Offscreen
FIGHT CLUB
David Fincher
USA, 1999, 138 min.
David Fincher's pitch black satire, an adaptation of Chuck Palahniuk's book “Fight Club”, is an uncompromising and cynical uppercut. Edward Norton shines as Jack, a man who wrestles with himself and chronic insomnia. Trapped in a boring job and addicted to obsessive consumerism and self-help groups, his nerves are ready to short-circuit at any time. Until he meets Tyler (Brad Pitt), a charismatic salesman of sea products with a twisted outlook on life: self-improvement is for the weak; self-destruction is the path to ultimate freedom. It doesn't take long before Jack and Tyler start bringing this philosophy into practice by beating the hell out of each other, a cathartic fight that will lead to more: the start a secret “fight club” that will bring other men into contact with the pleasures of physical violence.

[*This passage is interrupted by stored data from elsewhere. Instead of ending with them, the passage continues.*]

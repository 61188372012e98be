use cert_checker::{check, lines_are_bytes};
use cert_lines::{Claim, Cut, Leaf, Part};
use certificate::{Certificate, Tree, read_certificate, write_certificate};
use echelon::Explosion;
use fixtures::{Item, MADE, Resource, instance};
use lin_rows::{Bound, Column, RowName};
use lot_model::Instance;
use price_leaves::{
    DualPrices, Fixed, Grouped, Held, NodePricing, Priced, Pricing, Reached, Rounds,
    dropped_grouped_leaf, dropped_leaf, fixed_setups, grouped_leaf, priced_leaf, split_prices,
    tune_openings,
};
use std::alloc::Global;
use std::boxed::Box;
use std::process::Abort;
use work_clock::Deadline;

// The resource, with so many hours in each period.
fn machine(hours: &[i64]) -> Resource {
    Resource {
        name: "m",
        capacity: hours,
    }
}

// One item with demands 2 and 8: what it costs at least without whole setups is 77/4.
fn alone(rt: &impl Abort, alloc: Global, hours: i64) -> Instance {
    instance(alloc, 2, &[machine(&[hours])], &[MADE]).expect(rt, "an instance")
}

// A goes into nothing and takes two of B.
const FIRST: Item<'static> = Item {
    demand: &[3, 0, 7, 4],
    hold_cost: &[5],
    needs: &[("B", 2)],
    ..MADE
};

// B takes one of C, and is there at first.
const SECOND: Item<'static> = Item {
    name: "B",
    demand: &[0, 5, 1, 1],
    opening: 4,
    end_max: Some(0),
    needs: &[("C", 1)],
    ..MADE
};

// C takes nothing, and is there at first.
const THIRD: Item<'static> = Item {
    name: "C",
    demand: &[0, 0, 2, 0],
    opening: 9,
    end_max: Some(0),
    ..MADE
};

// The chain of these items.
fn chain(rt: &impl Abort, alloc: Global, items: &[Item]) -> Instance {
    instance(alloc, 4, &[machine(&[22])], items).expect(rt, "an instance")
}

// Whether the checker takes the text of a certificate.
fn is_taken(alloc: Global, instance: &Instance, bytes: &[u8]) -> bool {
    lines_are_bytes();
    if bytes.len() > 100_000 {
        return false;
    }
    match read_certificate(alloc, bytes) {
        Ok(read) => check(alloc, instance, &read, None).is_ok(),
        Err(_) => false,
    }
}

// Whether the checker takes a certificate.
fn is_accepted(rt: &impl Abort, alloc: Global, instance: &Instance, made: &Certificate) -> bool {
    let bytes = write_certificate(alloc, made).expect(rt, "memory");
    is_taken(alloc, instance, &bytes)
}

// A bound on the first setup of the first item.
fn first_setup(most: bool) -> Bound {
    Bound {
        column: Column::Y { item: 1, period: 1 },
        most,
        number: if most { 0 } else { 1 },
    }
}

// What a leaf says, rounded up.
fn rounded(number: i128, scale: u64) -> u128 {
    let scale = i128::from(scale);
    let rest = number.checked_rem(scale).unwrap_or(0);
    let whole = number.checked_div(scale).unwrap_or(0);
    let up = if rest > 0 { 1 } else { 0 };
    u128::try_from(whole.saturating_add(up)).unwrap_or(0)
}

// What is needed of an instance.
fn pricing_of(rt: &impl Abort, alloc: Global, instance: &Instance) -> Pricing {
    let explosion = Explosion::of(alloc, instance).expect(rt, "memory");
    let mut pricing = Pricing::new(alloc, instance, &explosion).expect(rt, "memory");
    let prices = split_prices(alloc, instance, &pricing).expect(rt, "memory");
    tune_openings(alloc, instance, &mut pricing, &prices, Deadline::none()).expect(rt, "memory");
    pricing
}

“Fight Club” is a shocking and exciting roller coaster ride, visually stunning and drenched in self-irony. Released in 1999, the film was prophetic in the announcement of the perilous and destructive times of the new millennium, all the while being razor-sharp in its criticism on relative security and the optimism of progress of Western society in the 1990s, which was marked by individualism, consumerism, and corporate ideology.